**TASK REQUIREMENTS:** After reading the entries below, copy word for word the lines from the first through the line containing "use std::test::Fail;", and stop there.

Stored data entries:
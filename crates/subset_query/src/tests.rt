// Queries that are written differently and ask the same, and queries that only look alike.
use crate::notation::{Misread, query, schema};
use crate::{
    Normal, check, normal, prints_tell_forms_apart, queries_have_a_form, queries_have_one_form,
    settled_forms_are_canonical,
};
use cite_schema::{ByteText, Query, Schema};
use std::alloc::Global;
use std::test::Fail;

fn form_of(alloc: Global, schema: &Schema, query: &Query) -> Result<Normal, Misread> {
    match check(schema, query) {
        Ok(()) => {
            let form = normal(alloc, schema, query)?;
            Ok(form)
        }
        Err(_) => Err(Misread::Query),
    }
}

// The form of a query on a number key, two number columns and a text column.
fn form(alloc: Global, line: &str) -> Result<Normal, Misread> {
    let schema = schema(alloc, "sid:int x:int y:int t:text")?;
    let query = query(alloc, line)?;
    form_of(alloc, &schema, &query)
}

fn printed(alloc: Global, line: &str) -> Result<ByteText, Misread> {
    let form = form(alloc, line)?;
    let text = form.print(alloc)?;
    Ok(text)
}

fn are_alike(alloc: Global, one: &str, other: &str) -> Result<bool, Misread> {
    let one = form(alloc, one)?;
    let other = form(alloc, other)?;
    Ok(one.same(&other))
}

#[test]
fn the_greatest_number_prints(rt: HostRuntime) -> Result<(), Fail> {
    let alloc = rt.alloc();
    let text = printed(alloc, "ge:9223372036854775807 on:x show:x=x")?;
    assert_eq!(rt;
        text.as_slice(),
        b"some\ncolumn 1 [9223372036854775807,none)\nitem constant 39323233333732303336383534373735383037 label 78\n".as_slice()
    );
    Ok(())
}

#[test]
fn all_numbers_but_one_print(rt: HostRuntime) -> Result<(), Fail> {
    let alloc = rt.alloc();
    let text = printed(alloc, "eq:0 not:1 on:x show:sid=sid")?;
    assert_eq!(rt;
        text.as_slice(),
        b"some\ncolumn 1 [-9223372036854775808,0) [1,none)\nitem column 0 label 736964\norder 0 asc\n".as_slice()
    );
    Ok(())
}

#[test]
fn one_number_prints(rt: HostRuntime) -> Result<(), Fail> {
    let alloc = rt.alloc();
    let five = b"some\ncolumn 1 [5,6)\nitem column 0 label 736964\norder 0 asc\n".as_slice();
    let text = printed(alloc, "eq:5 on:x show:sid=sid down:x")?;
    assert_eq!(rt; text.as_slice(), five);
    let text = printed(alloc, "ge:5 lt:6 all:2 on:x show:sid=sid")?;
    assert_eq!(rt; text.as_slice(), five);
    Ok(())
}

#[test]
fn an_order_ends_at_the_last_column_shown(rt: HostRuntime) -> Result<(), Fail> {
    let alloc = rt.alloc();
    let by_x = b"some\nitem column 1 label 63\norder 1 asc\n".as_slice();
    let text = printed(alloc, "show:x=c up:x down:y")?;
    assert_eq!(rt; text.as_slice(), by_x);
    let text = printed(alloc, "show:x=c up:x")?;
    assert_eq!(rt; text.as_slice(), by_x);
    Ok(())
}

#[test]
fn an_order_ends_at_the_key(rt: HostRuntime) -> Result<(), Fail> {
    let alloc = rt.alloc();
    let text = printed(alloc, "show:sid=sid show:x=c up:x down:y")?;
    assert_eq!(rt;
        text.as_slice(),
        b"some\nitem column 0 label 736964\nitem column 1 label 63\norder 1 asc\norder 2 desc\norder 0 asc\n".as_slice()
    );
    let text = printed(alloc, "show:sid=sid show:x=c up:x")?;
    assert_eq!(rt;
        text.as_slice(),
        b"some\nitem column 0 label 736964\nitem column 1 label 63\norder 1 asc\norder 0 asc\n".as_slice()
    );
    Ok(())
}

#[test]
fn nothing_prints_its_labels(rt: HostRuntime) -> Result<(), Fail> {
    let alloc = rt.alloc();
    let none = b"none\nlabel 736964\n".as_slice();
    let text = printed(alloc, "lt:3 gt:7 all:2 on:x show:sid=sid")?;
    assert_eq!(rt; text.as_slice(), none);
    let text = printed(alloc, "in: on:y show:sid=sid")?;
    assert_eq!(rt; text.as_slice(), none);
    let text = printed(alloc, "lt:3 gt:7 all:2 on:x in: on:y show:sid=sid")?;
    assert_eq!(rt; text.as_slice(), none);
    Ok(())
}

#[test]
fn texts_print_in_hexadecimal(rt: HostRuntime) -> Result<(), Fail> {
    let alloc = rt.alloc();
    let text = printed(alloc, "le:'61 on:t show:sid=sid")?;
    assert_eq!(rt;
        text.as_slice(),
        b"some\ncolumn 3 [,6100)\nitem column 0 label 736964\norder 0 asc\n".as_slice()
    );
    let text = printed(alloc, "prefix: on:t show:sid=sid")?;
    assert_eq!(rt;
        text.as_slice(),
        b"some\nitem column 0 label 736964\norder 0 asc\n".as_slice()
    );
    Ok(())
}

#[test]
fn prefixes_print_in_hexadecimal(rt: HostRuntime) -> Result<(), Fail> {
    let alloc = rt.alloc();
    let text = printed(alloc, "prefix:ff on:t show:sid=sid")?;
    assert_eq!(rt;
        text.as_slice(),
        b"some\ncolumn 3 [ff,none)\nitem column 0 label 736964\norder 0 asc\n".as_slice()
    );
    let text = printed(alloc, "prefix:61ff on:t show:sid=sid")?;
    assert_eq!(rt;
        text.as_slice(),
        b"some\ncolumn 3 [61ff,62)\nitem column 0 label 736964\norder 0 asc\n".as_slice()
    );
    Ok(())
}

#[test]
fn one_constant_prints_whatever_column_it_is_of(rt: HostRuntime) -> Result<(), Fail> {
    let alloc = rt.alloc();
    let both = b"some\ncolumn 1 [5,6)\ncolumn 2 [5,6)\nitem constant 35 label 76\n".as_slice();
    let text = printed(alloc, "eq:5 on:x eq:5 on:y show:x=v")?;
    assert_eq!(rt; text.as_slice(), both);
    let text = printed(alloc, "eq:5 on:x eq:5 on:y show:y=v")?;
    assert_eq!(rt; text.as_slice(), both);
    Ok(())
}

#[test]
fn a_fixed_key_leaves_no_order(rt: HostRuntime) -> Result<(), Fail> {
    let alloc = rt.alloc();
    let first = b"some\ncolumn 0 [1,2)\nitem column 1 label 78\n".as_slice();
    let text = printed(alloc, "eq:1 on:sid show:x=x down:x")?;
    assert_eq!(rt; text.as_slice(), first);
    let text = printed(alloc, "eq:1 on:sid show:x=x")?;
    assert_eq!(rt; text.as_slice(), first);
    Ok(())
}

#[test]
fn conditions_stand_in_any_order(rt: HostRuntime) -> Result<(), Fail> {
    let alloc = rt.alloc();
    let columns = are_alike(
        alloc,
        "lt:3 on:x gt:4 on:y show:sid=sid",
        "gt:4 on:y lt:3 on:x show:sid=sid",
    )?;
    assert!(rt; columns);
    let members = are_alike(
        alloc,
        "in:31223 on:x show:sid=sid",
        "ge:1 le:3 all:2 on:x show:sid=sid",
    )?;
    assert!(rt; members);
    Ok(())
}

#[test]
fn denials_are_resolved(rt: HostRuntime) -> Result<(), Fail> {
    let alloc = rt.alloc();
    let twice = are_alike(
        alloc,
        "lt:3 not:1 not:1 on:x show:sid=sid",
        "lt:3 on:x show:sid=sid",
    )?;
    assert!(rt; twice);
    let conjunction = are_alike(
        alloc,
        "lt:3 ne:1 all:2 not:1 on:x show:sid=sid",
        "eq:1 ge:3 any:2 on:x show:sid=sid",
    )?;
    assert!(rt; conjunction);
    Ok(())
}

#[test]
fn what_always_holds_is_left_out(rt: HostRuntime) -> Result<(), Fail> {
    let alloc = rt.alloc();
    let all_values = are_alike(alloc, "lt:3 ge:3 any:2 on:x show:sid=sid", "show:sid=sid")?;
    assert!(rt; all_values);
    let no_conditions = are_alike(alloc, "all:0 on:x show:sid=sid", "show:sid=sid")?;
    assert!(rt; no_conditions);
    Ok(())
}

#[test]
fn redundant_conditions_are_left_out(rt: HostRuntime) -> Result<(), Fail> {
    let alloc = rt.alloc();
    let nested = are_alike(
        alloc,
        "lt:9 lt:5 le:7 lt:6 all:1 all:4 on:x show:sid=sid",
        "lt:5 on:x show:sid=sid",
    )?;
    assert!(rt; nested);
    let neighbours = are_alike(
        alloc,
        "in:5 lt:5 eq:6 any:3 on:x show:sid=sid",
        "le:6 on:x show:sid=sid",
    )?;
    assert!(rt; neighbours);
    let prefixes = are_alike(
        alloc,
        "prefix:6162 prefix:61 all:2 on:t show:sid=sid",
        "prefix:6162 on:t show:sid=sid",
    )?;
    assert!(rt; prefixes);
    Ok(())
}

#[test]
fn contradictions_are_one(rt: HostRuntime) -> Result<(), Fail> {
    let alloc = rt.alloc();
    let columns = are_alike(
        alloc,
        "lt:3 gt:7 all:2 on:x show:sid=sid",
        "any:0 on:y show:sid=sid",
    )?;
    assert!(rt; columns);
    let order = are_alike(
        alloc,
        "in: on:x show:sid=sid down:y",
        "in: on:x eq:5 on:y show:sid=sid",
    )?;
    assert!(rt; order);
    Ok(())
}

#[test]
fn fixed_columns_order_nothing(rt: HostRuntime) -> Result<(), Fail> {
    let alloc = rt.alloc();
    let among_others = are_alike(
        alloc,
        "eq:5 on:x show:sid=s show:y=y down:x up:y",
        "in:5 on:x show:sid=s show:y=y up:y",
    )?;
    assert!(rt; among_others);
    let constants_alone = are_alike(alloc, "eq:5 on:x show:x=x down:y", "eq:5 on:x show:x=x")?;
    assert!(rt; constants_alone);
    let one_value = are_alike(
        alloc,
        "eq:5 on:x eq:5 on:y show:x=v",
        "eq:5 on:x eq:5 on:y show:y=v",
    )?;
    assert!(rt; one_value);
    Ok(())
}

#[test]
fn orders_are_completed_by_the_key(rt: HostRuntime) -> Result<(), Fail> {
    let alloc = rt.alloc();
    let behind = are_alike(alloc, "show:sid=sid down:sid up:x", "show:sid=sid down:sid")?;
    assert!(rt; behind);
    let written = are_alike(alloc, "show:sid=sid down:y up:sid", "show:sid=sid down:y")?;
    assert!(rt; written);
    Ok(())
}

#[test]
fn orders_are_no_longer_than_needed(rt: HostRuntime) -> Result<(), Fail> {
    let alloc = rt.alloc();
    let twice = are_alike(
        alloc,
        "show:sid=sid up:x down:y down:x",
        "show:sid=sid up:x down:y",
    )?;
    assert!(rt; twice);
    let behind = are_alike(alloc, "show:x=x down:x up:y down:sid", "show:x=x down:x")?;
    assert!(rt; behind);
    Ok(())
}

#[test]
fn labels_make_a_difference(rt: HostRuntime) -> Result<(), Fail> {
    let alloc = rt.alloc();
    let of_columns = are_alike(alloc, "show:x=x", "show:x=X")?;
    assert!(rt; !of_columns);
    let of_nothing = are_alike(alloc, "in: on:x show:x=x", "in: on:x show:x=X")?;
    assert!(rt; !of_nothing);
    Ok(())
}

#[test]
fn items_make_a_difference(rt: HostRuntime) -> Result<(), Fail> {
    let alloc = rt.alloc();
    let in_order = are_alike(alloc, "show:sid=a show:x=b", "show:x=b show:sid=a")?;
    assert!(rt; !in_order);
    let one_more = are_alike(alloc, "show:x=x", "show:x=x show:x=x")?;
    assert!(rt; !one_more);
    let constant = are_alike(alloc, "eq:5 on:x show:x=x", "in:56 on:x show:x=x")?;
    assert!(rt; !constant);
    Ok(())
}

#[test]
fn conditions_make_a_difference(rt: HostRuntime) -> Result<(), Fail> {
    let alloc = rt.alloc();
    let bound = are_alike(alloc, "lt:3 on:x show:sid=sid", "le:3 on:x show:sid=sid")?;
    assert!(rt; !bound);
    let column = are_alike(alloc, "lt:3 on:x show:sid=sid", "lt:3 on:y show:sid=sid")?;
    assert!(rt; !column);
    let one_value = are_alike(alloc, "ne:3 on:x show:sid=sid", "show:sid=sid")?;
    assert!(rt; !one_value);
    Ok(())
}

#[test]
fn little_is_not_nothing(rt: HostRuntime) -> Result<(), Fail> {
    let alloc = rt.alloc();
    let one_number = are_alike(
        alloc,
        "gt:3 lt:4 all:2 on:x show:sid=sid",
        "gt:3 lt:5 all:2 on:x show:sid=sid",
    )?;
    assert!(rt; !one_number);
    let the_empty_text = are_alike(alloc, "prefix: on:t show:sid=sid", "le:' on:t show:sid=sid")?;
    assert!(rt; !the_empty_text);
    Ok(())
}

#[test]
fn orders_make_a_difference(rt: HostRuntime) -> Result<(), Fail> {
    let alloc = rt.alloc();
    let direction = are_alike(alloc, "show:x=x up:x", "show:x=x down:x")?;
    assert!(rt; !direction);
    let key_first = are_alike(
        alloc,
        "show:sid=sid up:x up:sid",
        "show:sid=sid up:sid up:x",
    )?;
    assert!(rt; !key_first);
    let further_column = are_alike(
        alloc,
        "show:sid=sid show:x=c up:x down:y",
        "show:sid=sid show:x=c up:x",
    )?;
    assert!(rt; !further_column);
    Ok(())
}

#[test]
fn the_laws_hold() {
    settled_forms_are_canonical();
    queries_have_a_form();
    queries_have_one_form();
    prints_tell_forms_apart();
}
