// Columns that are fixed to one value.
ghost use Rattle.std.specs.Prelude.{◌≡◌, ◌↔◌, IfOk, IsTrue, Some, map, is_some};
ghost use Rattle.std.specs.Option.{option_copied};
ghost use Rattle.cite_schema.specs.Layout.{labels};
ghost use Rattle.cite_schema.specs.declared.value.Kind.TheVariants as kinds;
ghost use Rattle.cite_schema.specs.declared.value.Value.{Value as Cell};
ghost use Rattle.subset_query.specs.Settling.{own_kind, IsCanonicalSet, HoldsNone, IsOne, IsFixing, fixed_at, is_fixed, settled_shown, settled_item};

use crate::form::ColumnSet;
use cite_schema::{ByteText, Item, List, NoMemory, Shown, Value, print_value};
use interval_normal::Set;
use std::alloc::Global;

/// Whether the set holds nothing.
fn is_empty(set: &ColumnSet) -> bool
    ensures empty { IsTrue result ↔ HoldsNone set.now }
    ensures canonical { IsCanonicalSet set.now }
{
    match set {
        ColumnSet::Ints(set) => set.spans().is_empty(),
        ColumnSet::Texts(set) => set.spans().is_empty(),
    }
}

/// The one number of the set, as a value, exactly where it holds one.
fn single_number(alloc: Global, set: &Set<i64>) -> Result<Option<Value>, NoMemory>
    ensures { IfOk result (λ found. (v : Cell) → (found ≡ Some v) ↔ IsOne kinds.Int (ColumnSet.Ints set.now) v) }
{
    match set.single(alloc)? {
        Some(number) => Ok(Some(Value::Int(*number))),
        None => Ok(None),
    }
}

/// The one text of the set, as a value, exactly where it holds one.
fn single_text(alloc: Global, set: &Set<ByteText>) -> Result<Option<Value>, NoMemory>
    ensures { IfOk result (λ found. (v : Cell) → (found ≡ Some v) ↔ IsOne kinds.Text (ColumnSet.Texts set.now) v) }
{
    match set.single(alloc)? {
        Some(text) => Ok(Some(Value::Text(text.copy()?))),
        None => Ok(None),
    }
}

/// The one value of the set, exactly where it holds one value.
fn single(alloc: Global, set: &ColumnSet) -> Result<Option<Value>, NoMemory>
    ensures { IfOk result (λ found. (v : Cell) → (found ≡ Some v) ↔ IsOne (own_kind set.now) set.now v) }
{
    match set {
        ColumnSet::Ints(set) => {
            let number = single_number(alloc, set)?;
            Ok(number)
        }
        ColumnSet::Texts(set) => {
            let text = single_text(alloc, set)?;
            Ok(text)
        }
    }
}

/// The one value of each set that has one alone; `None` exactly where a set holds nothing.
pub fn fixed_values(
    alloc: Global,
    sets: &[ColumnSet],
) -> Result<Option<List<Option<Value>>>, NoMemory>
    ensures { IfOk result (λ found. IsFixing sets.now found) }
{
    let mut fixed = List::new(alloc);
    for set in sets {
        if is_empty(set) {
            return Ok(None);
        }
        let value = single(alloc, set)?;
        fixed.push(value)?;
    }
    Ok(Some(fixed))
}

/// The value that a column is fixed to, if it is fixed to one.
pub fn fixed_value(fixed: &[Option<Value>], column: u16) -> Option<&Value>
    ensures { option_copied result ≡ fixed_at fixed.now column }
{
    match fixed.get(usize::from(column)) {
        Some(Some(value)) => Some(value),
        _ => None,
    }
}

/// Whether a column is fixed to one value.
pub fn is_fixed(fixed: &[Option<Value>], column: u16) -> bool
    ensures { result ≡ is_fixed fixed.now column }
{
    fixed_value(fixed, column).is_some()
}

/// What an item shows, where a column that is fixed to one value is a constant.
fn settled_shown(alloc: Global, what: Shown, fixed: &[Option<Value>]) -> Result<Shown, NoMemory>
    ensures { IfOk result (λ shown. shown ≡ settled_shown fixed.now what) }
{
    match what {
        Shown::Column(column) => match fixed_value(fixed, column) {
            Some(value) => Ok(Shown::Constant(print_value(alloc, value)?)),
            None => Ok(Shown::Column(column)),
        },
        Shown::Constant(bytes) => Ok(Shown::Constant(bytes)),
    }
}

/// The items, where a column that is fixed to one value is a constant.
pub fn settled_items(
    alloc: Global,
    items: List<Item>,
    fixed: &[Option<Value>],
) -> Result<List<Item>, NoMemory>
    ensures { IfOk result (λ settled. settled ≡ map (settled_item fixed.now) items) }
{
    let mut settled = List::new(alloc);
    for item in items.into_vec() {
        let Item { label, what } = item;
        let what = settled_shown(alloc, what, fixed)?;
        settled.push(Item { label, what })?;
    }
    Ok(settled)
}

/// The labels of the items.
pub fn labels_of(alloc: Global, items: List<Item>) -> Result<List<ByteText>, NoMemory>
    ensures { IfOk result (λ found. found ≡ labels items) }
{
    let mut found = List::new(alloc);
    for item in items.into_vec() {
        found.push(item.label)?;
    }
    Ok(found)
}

**THE COMPLETED TASK:**
filename crates/subset_query/src/tests.rt
// Queries that are written differently and ask the same, and queries that only look alike.
use crate::notation::{Misread, query, schema};
use crate::{
    Normal, check, normal, prints_tell_forms_apart, queries_have_a_form, queries_have_one_form,
    settled_forms_are_canonical,
};
use cite_schema::{ByteText, Query, Schema};
use std::alloc::Global;
use std::test::Fail;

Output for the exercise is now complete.